This post originated from an RSS feed registered with Ruby Buzz
by Eric Hodel.
Original Post: String Encoding Quick-Start
Feed Title: Segment7
Feed URL: http://blog.segment7.net/articles.rss
Feed Description: Posts about and around Ruby, MetaRuby, ruby2c, ZenTest and work at The Robot Co-op.
So you're using Ruby 1.9 and don't want to read JEG's Understanding M17N Series or runpaint's Encoding documents. I understand, they're very long and very detailed and you can go back and read them when you need to learn the details. How about just the important stuff?
Files have encodings and strings in those files have matching encodings. You set the encoding with a magic comment as the first line (second with shebang) # coding: UTF-8. If you don't set the encoding your strings are assumed to be in US-ASCII encoding instead.
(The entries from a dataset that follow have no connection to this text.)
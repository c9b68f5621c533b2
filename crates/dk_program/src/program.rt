// What a program brings.
ghost use Rattle.std.specs.Prelude.{◌≡◌, ◌≢◌, ◌≤◌, ◌++◌, ◌<◌, [], ℕ, Err, IfErr, IfOk, IfSome, IsErrOf, List, OnOk, Result, true};
ghost use Rattle.dk_base.specs.Reading.{LineFault};
ghost use Rattle.dk_base.specs.declared.why.Why.{Why};
ghost use Rattle.dk_driver.specs.Consuming.{Told, nothing_told};
ghost use Rattle.dk_driver.specs.Files.{File};
ghost use Rattle.dk_driver.specs.Standing.{StandsFor, points_of, told_by};
ghost use Rattle.dk_driver.specs.WholeFile.{fresh_reading};
ghost use Rattle.dk_driver.specs.Walks.{standard_limits, total_limit};
ghost use Rattle.dk_driver.specs.declared.traces.Traces.{Traces as FilesToRead};
ghost use Rattle.dk_io.specs.Outside.{Rose};
ghost use Rattle.dk_lines.specs.Reading.{left_of, room_of};
ghost use Rattle.dk_program.specs.Ending.{ReportEnds};
ghost use Rattle.dk_program.specs.Openings.{IsOfMay, OpeningGives};

use dk_arguments::Arguments;
use dk_base::{NoMemory, Text};
use dk_driver::{Consumer, Feed, FileFault, Traces};
use dk_events::Ended;
use dk_io::{Inputs, Sinks};
use dk_lines::Lines;
use std::alloc::Global;

/// A program that reads files, hands their points and samples to a consumer, and then writes a report of what that made of them.
pub trait Program: Arguments {
    /// What takes the points and samples.
    type Kept: Consumer;

    /// The files that the run reads, and how.
    ghost traces: { Self → FilesToRead };

    /// The text is the report of what the files told a consumer that was given this.
    ghost is_report: { Self → Self.Kept.Given → Told → List ℕ → Type 0 };

    /// The files that the run reads.
    fn traces(&self) -> &Traces
        ensures { result.now ≡ traces self.now };

    /// Writes the report, behind the last file: the run is done, a write failed, or memory ran out.
    fn tell<S: Sinks>(&self, alloc: Global, feed: Feed<Self::Kept>, sinks: &mut S) -> Ended
        requires { Self.Kept.fits feed.consumer (points_of feed) }
        ensures { ReportEnds (StandsFor Self.Kept.stands feed) (λ h records. is_report self.now (Self.Kept.given feed.consumer) (told_by h records))
            (S.written sinks.old) (S.written sinks.new) (S.faults sinks.old) (S.faults sinks.new) result };
}

/// A program that begins with the first of its files.
pub trait Begins: Program {
    /// What the consumer is given.
    ghost begins_with: { Self → Self.Kept.Given };

    /// A consumer that has taken nothing.
    fn begin(&self, alloc: Global) -> Result<Self::Kept, NoMemory>
        ensures given { IfOk result (λ kept. Self.Kept.given kept ≡ begins_with self.now) }
        ensures fits { IfOk result (λ kept. Self.Kept.fits kept []) }
        ensures stands { IfOk result (λ kept. Self.Kept.stands kept nothing_told) };
}

/// A program that reads another file in front of its files, which gives the consumer something. Its bytes count in the limit of all bytes;
/// places of files are counted without it.
pub trait Opens: Program {
    /// The name of the first file.
    ghost first: { Self → List ℕ };

    /// What a file, or what was delivered of one, gives, or where it is refused.
    ghost given_in: { File → Result Self.Kept.Given LineFault };

    /// Why it may be refused.
    ghost may_refuse: { Why → Type 0 };

    /// The name of the first file.
    fn first(&self) -> &str
        ensures { result.now ≡ first self.now };

    /// Reads the started file to its end, for a consumer that has taken nothing. A read may fail, and a line may be refused.
    fn open<I: Inputs>(
        &self,
        alloc: Global,
        inputs: &mut I,
        lines: &mut Lines,
    ) -> Result<Self::Kept, FileFault>
        requires fresh { lines.old ≡ fresh_reading lines.old }
        requires limits { lines.old.limits ≡ standard_limits }
        requires room { room_of lines.old ≡ total_limit }
        ensures fits { IfOk result (λ kept. Self.Kept.fits kept []) }
        ensures stands { IfOk result (λ kept. Self.Kept.stands kept nothing_told) }
        ensures gives { IfSome (left_of lines.old (I.rest inputs.old))
            (λ xs. OpeningGives given_in Self.Kept.given xs result lines.new (left_of lines.new (I.rest inputs.new))) }
        ensures may { IfErr result (IsOfMay may_refuse) }
        ensures started { result ≢ Err FileFault.Start }
        ensures limits { lines.new.limits ≡ lines.old.limits }
        // Where reading failed, no byte that was read is held.
        ensures emptied { IsErrOf result FileFault.Read → lines.new.ahead ≡ [] }
        ensures files { I.file inputs.new ≡ I.file inputs.old }
        ensures later { I.faults inputs.old ≤ I.faults inputs.new }
        ensures cause { IsErrOf result FileFault.Read → Rose (I.faults inputs.old) (I.faults inputs.new) };
}
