//! Programs that read files of declarations and records, and then write a report.
//!
//! A program implements `Arguments` and `Consumer`, `Program` for its report, which may be in parts, and `Begins`, or `Opens` where it reads
//! another file in front; `run_program` or `run_opening` does the rest: words, help and version, files, messages, and the status. A program
//! of another kind begins with `asked_run`, and may end by `end_with`, `tell_usage` and `tell_fault`.
#![tactic(auto)]

mod asking;
mod first_file;
mod program;
mod reporting;
mod running;
mod telling;

pub use asking::asked_run;
pub use first_file::fault_of_lines;
pub use program::{Begins, Opens, Program};
pub use reporting::{Halt, InParts, tell_parts, write};
pub use running::{run_opening, run_program};
pub use telling::{end_with, tell_fault, tell_file_fault, tell_help, tell_usage, tell_version};
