// First files of lines.
ghost use Rattle.std.specs.Prelude.{◌≡◌};
ghost use Rattle.dk_program.specs.Openings.{fault_of_lines};

use dk_base::Why;
use dk_driver::FileFault;
use dk_lines::LineFault;

/// The fault of a file, by that of its lines.
pub fn fault_of_lines(fault: LineFault) -> FileFault
    ensures { result ≡ fault_of_lines fault }
{
    match fault {
        LineFault::LongLine { line } => FileFault::Refused {
            line,
            why: Why::LongLine,
        },
        LineFault::TooLong { line } => FileFault::Refused {
            line,
            why: Why::TooLong,
        },
        LineFault::Read => FileFault::Read,
        LineFault::NoMemory => FileFault::NoMemory,
    }
}
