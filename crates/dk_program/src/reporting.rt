// Reports in parts: each is written before the next is made.
ghost use Rattle.std.specs.Prelude.{◌≡◌, ◌++◌, ◌<◌, ℕ, List, OnOk};
ghost use Rattle.dk_blocks.specs.History.{History};
ghost use Rattle.dk_driver.specs.Consuming.{Record, Told};
ghost use Rattle.dk_driver.specs.Standing.{StandsFor, points_of, told_by};
ghost use Rattle.dk_points.specs.Table.{Point};
ghost use Rattle.dk_program.specs.Ending.{ReportEnds, status_of as status_by};
ghost use Rattle.dk_program.specs.Telling.{TellsOutcome, WritesText, in_parts};

use dk_base::{NoMemory, Text};
use dk_driver::{Consumer, Feed};
use dk_events::Ended;
use dk_io::{Failed, Sinks, Stream, write_all};
use std::alloc::Global;

/// A report that has parts.
pub trait InParts: Sized {
    /// What took the points and samples.
    type Kept: Consumer;

    /// How many parts the report on these points has.
    ghost part_count: { Self → List Point → ℕ };

    /// The part at a place, of what the files told.
    ghost part: { Self → Told → ℕ → List ℕ };

    /// How many parts the report has.
    fn part_count(&self, feed: &Feed<Self::Kept>) -> u64
        requires { Self.Kept.fits feed.now.consumer (points_of feed.now) }
        ensures { result ≡ part_count self.now (points_of feed.now) };

    /// Writes the part at a place behind the text. After running out of memory the text may hold a part of it.
    fn push_part(
        &self,
        text: &mut Text,
        feed: &Feed<Self::Kept>,
        place: u64,
    ) -> Result<(), NoMemory>
        requires fits { Self.Kept.fits feed.now.consumer (points_of feed.now) }
        requires within { place < part_count self.now (points_of feed.now) }
        ensures { OnOk result ((h : History) (records : List Record) → StandsFor Self.Kept.stands feed.now h records
            → text.new ≡ text.old ++ part self.now (told_by h records) place) };
}

/// Why a text is not written whole.
#[derive(Clone, Copy, Debug, PartialEq, Eq)]
pub enum Halt {
    /// A write failed.
    Write,
    NoMemory,
}

impl Halt {
    /// How a program ends that halts so.
    pub fn status(self) -> Ended
        ensures { result ≡ status_by self }
    {
        match self {
            Halt::Write => Ended::Write,
            Halt::NoMemory => Ended::NoMemory,
        }
    }
}

/// Writes a text to a stream, or says why the run halts.
pub fn write<S: Sinks>(sinks: &mut S, stream: Stream, text: &[u8]) -> Result<(), Halt>
    ensures { WritesText stream text.now (S.written sinks.old) (S.written sinks.new) (S.faults sinks.old) (S.faults sinks.new) result }
{
    match write_all(sinks, stream, text) {
        Ok(()) => Ok(()),
        Err(Failed) => Err(Halt::Write),
    }
}

// Writes the part of the report at a place.
fn tell_part<P: InParts, S: Sinks>(
    alloc: Global,
    program: &P,
    feed: &Feed<P::Kept>,
    place: u64,
    sinks: &mut S,
) -> Result<(), Halt>
    requires fits { P.Kept.fits feed.now.consumer (points_of feed.now) }
    requires within { place < P.part_count program.now (points_of feed.now) }
    ensures { TellsOutcome (StandsFor P.Kept.stands feed.now) (λ h records. P.part program.now (told_by h records) place) (S.written sinks.old) (S.written sinks.new) (S.faults sinks.old) (S.faults sinks.new) result }
{
    let mut text = Text::new(alloc);
    match program.push_part(&mut text, feed, place) {
        Ok(()) => write(sinks, Stream::Report, text.as_slice()),
        Err(NoMemory) => Err(Halt::NoMemory),
    }
}

// Writes all parts of the report.
fn write_parts<P: InParts, S: Sinks>(
    alloc: Global,
    program: &P,
    feed: &Feed<P::Kept>,
    sinks: &mut S,
) -> Result<(), Halt>
    requires { P.Kept.fits feed.now.consumer (points_of feed.now) }
    ensures { TellsOutcome (StandsFor P.Kept.stands feed.now) (λ h records. in_parts P.part_count P.part program.now (told_by h records)) (S.written sinks.old) (S.written sinks.new) (S.faults sinks.old) (S.faults sinks.new) result }
{
    for place in 0..program.part_count(feed) {
        tell_part(alloc, program, feed, place, sinks)?;
    }
    Ok(())
}

/// Writes the report, its parts one after another.
pub fn tell_parts<P: InParts, S: Sinks>(
    alloc: Global,
    program: &P,
    feed: &Feed<P::Kept>,
    sinks: &mut S,
) -> Ended
    requires { P.Kept.fits feed.now.consumer (points_of feed.now) }
    ensures { ReportEnds (StandsFor P.Kept.stands feed.now) (λ h records text. text ≡ in_parts P.part_count P.part program.now (told_by h records))
        (S.written sinks.old) (S.written sinks.new) (S.faults sinks.old) (S.faults sinks.new) result }
{
    match write_parts(alloc, program, feed, sinks) {
        Ok(()) => Ended::Done,
        Err(halt) => halt.status(),
    }
}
Regular expressions are in US-ASCII encoding by default. You can use /u to make it UTF-8, /e to make it EUC-JP, /s to make it Windows-31J. You can also use #force_encoding. US-ASCII regular expressions will match strings that are ASCII-compatible. See ri Regexp for more details.
String#gsub may not preserve the input encoding. If the match happens at the beginning of the string the output encoding may not match the input encoding. You can work around this by forcing the encoding on the replacement string before replacement or using the block form of gsub. (This behavior may be a bug.)
IO objects have two encodings, the external_encoding which is how it is stored outside ruby (on disk for files and the stream or packet encoding for sockets) and the internal_encoding which will cause ruby to transcode the content if necessary. There's no provision for guessing the encoding of a document so you'll need to know ahead of time.
Strings can have an encoding but that encoding may not be valid, use String#valid_encoding? to verify. To transcode use String#encode. I have an example of using String#encode in my From Iconv#iconv to String#encode article and there are more in JEG and runpaint's articles linked above.